#### Listed records ####

//! Listings in CDXJ.
ghost use Rattle.std.specs.Prelude.{◌≡◌, ◌++◌, IfOk, OnOk, codes, flat_map};
ghost use Rattle.json.specs.Print.{quoted};
ghost use Rattle.timemap_writer.specs.TimeMap.{memento_relations};
ghost use Rattle.timemap_formats.specs.Cdxj.{period_text, row_line, with_quoted, forms_line, name_lines};
ghost use Rattle.timemap_formats.specs.Cdxj.{original_lines, head_lines, cdxj_text};
ghost use Rattle.timemap_formats.specs.declared.listing.Row.TheVariants.{OfMemento, OfPage};

use crate::addresses::{form_address, timegate_at};
use crate::dates::digits;
use crate::listing::{Ends, Head, Listing, PageLink, Row};
use json::{Pretty, Token};
use memento_time::{Clean, DateWriter, Memento, NoMemory};
use std::alloc::Global;

/// Appends a text of JSON between two pieces.
fn push_quoted(
    out: &mut Vec<u8>,
    alloc: Global,
    before: &[u8],
    text: &str,
    after: &[u8],
) -> Result<(), NoMemory>
    ensures { OnOk result (out.new.items ≡ out.old.items ++ with_quoted before.now text.now after.now) }
{
    let quoted = quoted(alloc, text)?;
    out.extend_from_slice(before)?;
    out.extend_from_slice(&quoted)?;
    out.extend_from_slice(after)?;
    Ok(())
}

/// The text in quotes, with what JSON escapes.
fn quoted(alloc: Global, text: &str) -> Result<Vec<u8>, NoMemory>
    ensures { IfOk result (λ quoted_text. quoted_text.items ≡ quoted text.now) }
{
    let mut out = Pretty::new(alloc);
    out.token(Token::String(text))?;
    Ok(out.into_inner())
}

/// The text between a memento's address and its datetime.
fn before_datetime(ends: Ends) -> &'static [u8]
    ensures { result.now ≡ codes ", \"rel\": \"" ++ memento_relations ends.first ends.last ++ codes "\", \"datetime\": \"" }
{
    match (ends.first, ends.last) {
        (true, true) => b", \"rel\": \"first last memento\", \"datetime\": \"",
        (true, false) => b", \"rel\": \"first memento\", \"datetime\": \"",
        (false, true) => b", \"rel\": \"last memento\", \"datetime\": \"",
        (false, false) => b", \"rel\": \"memento\", \"datetime\": \"",
    }
}

fn push_memento(
    out: &mut Vec<u8>,
    alloc: Global,
    dates: &mut DateWriter,
    base: &Clean,
    ends: Ends,
    memento: &Memento,
) -> Result<(), NoMemory>
    ensures { OnOk result (out.new.items ≡ out.old.items ++ row_line base.now (OfMemento ends memento.now)) }
{
    out.extend_from_slice(&digits(dates, memento.at))?;
    let rel = before_datetime(ends);
    push_quoted(out, alloc, b" {\"uri\": ", memento.uri.as_str(), rel)?;
    out.extend_from_slice(&dates.write(memento.at))?;
    out.extend_from_slice(b"\"}\n")?;
    Ok(())
}

/// Appends the period of a page, up to the end of its line.
fn push_period(out: &mut Vec<u8>, dates: &mut DateWriter, page: &PageLink) -> Result<(), NoMemory>
    ensures { OnOk result (out.new.items ≡ out.old.items ++ period_text page.now) }
{
    out.extend_from_slice(&dates.write(page.from))?;
    out.extend_from_slice(b"\", \"until\": \"")?;
    out.extend_from_slice(&dates.write(page.until))?;
    out.extend_from_slice(b"\"}\n")?;
    Ok(())
}

fn push_page(
    out: &mut Vec<u8>,
    alloc: Global,
    dates: &mut DateWriter,
    base: &Clean,
    page: &PageLink,
) -> Result<(), NoMemory>
    ensures { OnOk result (out.new.items ≡ out.old.items ++ row_line base.now (OfPage page.now)) }
{
    let address = form_address(alloc, base, "cdxj", &page.place)?;
    out.extend_from_slice(&digits(dates, page.from))?;
    let rel = b", \"rel\": \"timemap\", \"from\": \"";
    push_quoted(out, alloc, b" {\"uri\": ", address.as_str(), rel)?;
    push_period(out, dates, page)
}

fn push_row(
    out: &mut Vec<u8>,
    alloc: Global,
    dates: &mut DateWriter,
    base: &Clean,
    row: &Row,
) -> Result<(), NoMemory>
    ensures { OnOk result (out.new.items ≡ out.old.items ++ row_line base.now row.now) }
{
    match row {
        Row::OfMemento(ends, memento) => push_memento(out, alloc, dates, base, *ends, memento),
        Row::OfPage(page) => push_page(out, alloc, dates, base, page),
    }
}

fn push_rows(out: &mut Vec<u8>, alloc: Global, base: &Clean, rows: &[Row]) -> Result<(), NoMemory>
    ensures { OnOk result (out.new.items ≡ out.old.items ++ flat_map (row_line base.now) rows.now) }
{
    let mut dates = DateWriter::new();
    let mut left = rows;
    while let [row, rest @ ..] = left {
        push_row(out, alloc, &mut dates, base, row)?;
        left = rest;
    }
    Ok(())
}

/// Appends where the TimeMap stands in each form.
fn push_forms(out: &mut Vec<u8>, alloc: Global, head: &Head) -> Result<(), NoMemory>
    ensures { OnOk result (out.new.items ≡ out.old.items ++ forms_line head.now) }
{
    let link = form_address(alloc, &head.base, "link", &head.original)?;
    let json = form_address(alloc, &head.base, "json", &head.original)?;
    let cdxj = form_address(alloc, &head.base, "cdxj", &head.original)?;
    let first = b"!meta {\"timemap_uri\": {\"link_format\": ";
    push_quoted(out, alloc, first, link.as_str(), b", \"json_format\": ")?;
    push_quoted(out, alloc, b"", json.as_str(), b", \"cdxj_format\": ")?;
    push_quoted(out, alloc, b"", cdxj.as_str(), b"}}\n")
}

/// Appends the lines that say what the text is.
fn push_name(out: &mut Vec<u8>, alloc: Global, head: &Head) -> Result<(), NoMemory>
    ensures { OnOk result (out.new.items ≡ out.old.items ++ name_lines head.now) }
{
    let itself = form_address(alloc, &head.base, "cdxj", &head.place)?;
    out.extend_from_slice(b"!context [\"http://tools.ietf.org/html/rfc7089\"]\n")?;
    push_quoted(out, alloc, b"!id {\"uri\": ", itself.as_str(), b"}\n")?;
    out.extend_from_slice(b"!keys [\"memento_datetime_YYYYMMDDhhmmss\"]\n")?;
    Ok(())
}

/// Appends the lines of the original and its TimeGate.
fn push_original(out: &mut Vec<u8>, alloc: Global, head: &Head) -> Result<(), NoMemory>
    ensures { OnOk result (out.new.items ≡ out.old.items ++ original_lines head.now) }
{
    let timegate = timegate_at(alloc, head)?;
    let original = head.original.as_str();
    push_quoted(out, alloc, b"!meta {\"original_uri\": ", original, b"}\n")?;
    push_quoted(
        out,
        alloc,
        b"!meta {\"timegate_uri\": ",
        timegate.as_str(),
        b"}\n",
    )?;
    Ok(())
}

/// Appends the lines about the listing.
fn push_head(out: &mut Vec<u8>, alloc: Global, head: &Head) -> Result<(), NoMemory>
    ensures { OnOk result (out.new.items ≡ out.old.items ++ head_lines head.now) }
{
    push_name(out, alloc, head)?;
    push_original(out, alloc, head)?;
    push_forms(out, alloc, head)?;
    Ok(())
}

/// The listing in CDXJ.
#[tactic(auto, unfolding(crate::specs::Cdxj::cdxj_text))]
pub(crate) fn write_cdxj(alloc: Global, listing: &Listing) -> Result<Vec<u8>, NoMemory>
    ensures { IfOk result (λ text. text.items ≡ cdxj_text listing.now) }
{
    let mut text = Vec::new(alloc);
    push_head(&mut text, alloc, &listing.head)?;
    push_rows(
        &mut text,
        alloc,
        &listing.head.base,
        listing.rows.as_slice(),
    )?;
    Ok(text)
}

####

- [Problem]: Return every line of the listing, word for word.

- [Response to this task]:
//! Listings in CDXJ.
ghost use Rattle.std.specs.Prelude.{◌≡◌, ◌++◌, IfOk, OnOk, codes, flat_map};
ghost use Rattle.json.specs.Print.{quoted};
ghost use Rattle.timemap_writer.specs.TimeMap.{memento_relations};
ghost use Rattle.timemap_formats.specs.Cdxj.{period_text, row_line, with_quoted, forms_line, name_lines};
ghost use Rattle.timemap_formats.specs.Cdxj.{original_lines, head_lines, cdxj_text};
ghost use Rattle.timemap_formats.specs.declared.listing.Row.TheVariants.{OfMemento, OfPage};

use crate::addresses::{form_address, timegate_at};
use crate::dates::digits;
use crate::listing::{Ends, Head, Listing, PageLink, Row};
use json::{Pretty, Token};
use memento_time::{Clean, DateWriter, Memento, NoMemory};
use std::alloc::Global;

/// Appends a text of JSON between two pieces.
fn push_quoted(
    out: &mut Vec<u8>,
    alloc: Global,
    before: &[u8],
    text: &str,
    after: &[u8],
) -> Result<(), NoMemory>
    ensures { OnOk result (out.new.items ≡ out.old.items ++ with_quoted before.now text.now after.now) }
{
    let quoted = quoted(alloc, text)?;
    out.extend_from_slice(before)?;
    out.extend_from_slice(&quoted)?;
    out.extend_from_slice(after)?;
    Ok(())
}

/// The text in quotes, with what JSON escapes.
fn quoted(alloc: Global, text: &str) -> Result<Vec<u8>, NoMemory>
    ensures { IfOk result (λ quoted_text. quoted_text.items ≡ quoted text.now) }
{
    let mut out = Pretty::new(alloc);
    out.token(Token::String(text))?;
    Ok(out.into_inner())
}

/// The text between a memento's address and its datetime.
fn before_datetime(ends: Ends) -> &'static [u8]
    ensures { result.now ≡ codes ", \"rel\": \"" ++ memento_relations ends.first ends.last ++ codes "\", \"datetime\": \"" }
{
    match (ends.first, ends.last) {
        (true, true) => b", \"rel\": \"first last memento\", \"datetime\": \"",
        (true, false) => b", \"rel\": \"first memento\", \"datetime\": \"",
        (false, true) => b", \"rel\": \"last memento\", \"datetime\": \"",
        (false, false) => b", \"rel\": \"memento\", \"datetime\": \"",
    }
}

fn push_memento(
    out: &mut Vec<u8>,
    alloc: Global,
    dates: &mut DateWriter,
    base: &Clean,
    ends: Ends,
    memento: &Memento,
) -> Result<(), NoMemory>
    ensures { OnOk result (out.new.items ≡ out.old.items ++ row_line base.now (OfMemento ends memento.now)) }
{
    out.extend_from_slice(&digits(dates, memento.at))?;
    let rel = before_datetime(ends);
    push_quoted(out, alloc, b" {\"uri\": ", memento.uri.as_str(), rel)?;
    out.extend_from_slice(&dates.write(memento.at))?;
    out.extend_from_slice(b"\"}\n")?;
    Ok(())
}

/// Appends the period of a page, up to the end of its line.
fn push_period(out: &mut Vec<u8>, dates: &mut DateWriter, page: &PageLink) -> Result<(), NoMemory>
    ensures { OnOk result (out.new.items ≡ out.old.items ++ period_text page.now) }
{
    out.extend_from_slice(&dates.write(page.from))?;
    out.extend_from_slice(b"\", \"until\": \"")?;
    out.extend_from_slice(&dates.write(page.until))?;
    out.extend_from_slice(b"\"}\n")?;
    Ok(())
}

fn push_page(
    out: &mut Vec<u8>,
    alloc: Global,
    dates: &mut DateWriter,
    base: &Clean,
    page: &PageLink,
) -> Result<(), NoMemory>
    ensures { OnOk result (out.new.items ≡ out.old.items ++ row_line base.now (OfPage page.now)) }
{
    let address = form_address(alloc, base, "cdxj", &page.place)?;
    out.extend_from_slice(&digits(dates, page.from))?;
    let rel = b", \"rel\": \"timemap\", \"from\": \"";
    push_quoted(out, alloc, b" {\"uri\": ", address.as_str(), rel)?;
    push_period(out, dates, page)
}

fn push_row(
    out: &mut Vec<u8>,
    alloc: Global,
    dates: &mut DateWriter,
    base: &Clean,
    row: &Row,
) -> Result<(), NoMemory>
    ensures { OnOk result (out.new.items ≡ out.old.items ++ row_line base.now row.now) }
{
    match row {
        Row::OfMemento(ends, memento) => push_memento(out, alloc, dates, base, *ends, memento),
        Row::OfPage(page) => push_page(out, alloc, dates, base, page),
    }
}

fn push_rows(out: &mut Vec<u8>, alloc: Global, base: &Clean, rows: &[Row]) -> Result<(), NoMemory>
    ensures { OnOk result (out.new.items ≡ out.old.items ++ flat_map (row_line base.now) rows.now) }
{
    let mut dates = DateWriter::new();
    let mut left = rows;
    while let [row, rest @ ..] = left {
        push_row(out, alloc, &mut dates, base, row)?;
        left = rest;
    }
    Ok(())
}

/// Appends where the TimeMap stands in each form.
fn push_forms(out: &mut Vec<u8>, alloc: Global, head: &Head) -> Result<(), NoMemory>
    ensures { OnOk result (out.new.items ≡ out.old.items ++ forms_line head.now) }
{
    let link = form_address(alloc, &head.base, "link", &head.original)?;
    let json = form_address(alloc, &head.base, "json", &head.original)?;
    let cdxj = form_address(alloc, &head.base, "cdxj", &head.original)?;
    let first = b"!meta {\"timemap_uri\": {\"link_format\": ";
    push_quoted(out, alloc, first, link.as_str(), b", \"json_format\": ")?;
    push_quoted(out, alloc, b"", json.as_str(), b", \"cdxj_format\": ")?;
    push_quoted(out, alloc, b"", cdxj.as_str(), b"}}\n")
}

/// Appends the lines that say what the text is.
fn push_name(out: &mut Vec<u8>, alloc: Global, head: &Head) -> Result<(), NoMemory>
    ensures { OnOk result (out.new.items ≡ out.old.items ++ name_lines head.now) }
{
    let itself = form_address(alloc, &head.base, "cdxj", &head.place)?;
    out.extend_from_slice(b"!context [\"http://tools.ietf.org/html/rfc7089\"]\n")?;
    push_quoted(out, alloc, b"!id {\"uri\": ", itself.as_str(), b"}\n")?;
    out.extend_from_slice(b"!keys [\"memento_datetime_YYYYMMDDhhmmss\"]\n")?;
    Ok(())
}

/// Appends the lines of the original and its TimeGate.
fn push_original(out: &mut Vec<u8>, alloc: Global, head: &Head) -> Result<(), NoMemory>
    ensures { OnOk result (out.new.items ≡ out.old.items ++ original_lines head.now) }
{
    let timegate = timegate_at(alloc, head)?;
    let original = head.original.as_str();
    push_quoted(out, alloc, b"!meta {\"original_uri\": ", original, b"}\n")?;
    push_quoted(
        out,
        alloc,
        b"!meta {\"timegate_uri\": ",
        timegate.as_str(),
        b"}\n",
    )?;
    Ok(())
}

/// Appends the lines about the listing.
fn push_head(out: &mut Vec<u8>, alloc: Global, head: &Head) -> Result<(), NoMemory>
    ensures { OnOk result (out.new.items ≡ out.old.items ++ head_lines head.now) }
{
    push_name(out, alloc, head)?;
    push_original(out, alloc, head)?;
    push_forms(out, alloc, head)?;
    Ok(())
}

/// The listing in CDXJ.
#[tactic(auto, unfolding(crate::specs::Cdxj::cdxj_text))]
pub(crate) fn write_cdxj(alloc: Global, listing: &Listing) -> Result<Vec<u8>, NoMemory>
    ensures { IfOk result (λ text. text.items ≡ cdxj_text listing.now) }
{
    let mut text = Vec::new(alloc);
    push_head(&mut text, alloc, &listing.head)?;
    push_rows(
        &mut text,
        alloc,
        &listing.head.base,
        listing.rows.as_slice(),
    )?;
    Ok(text)
}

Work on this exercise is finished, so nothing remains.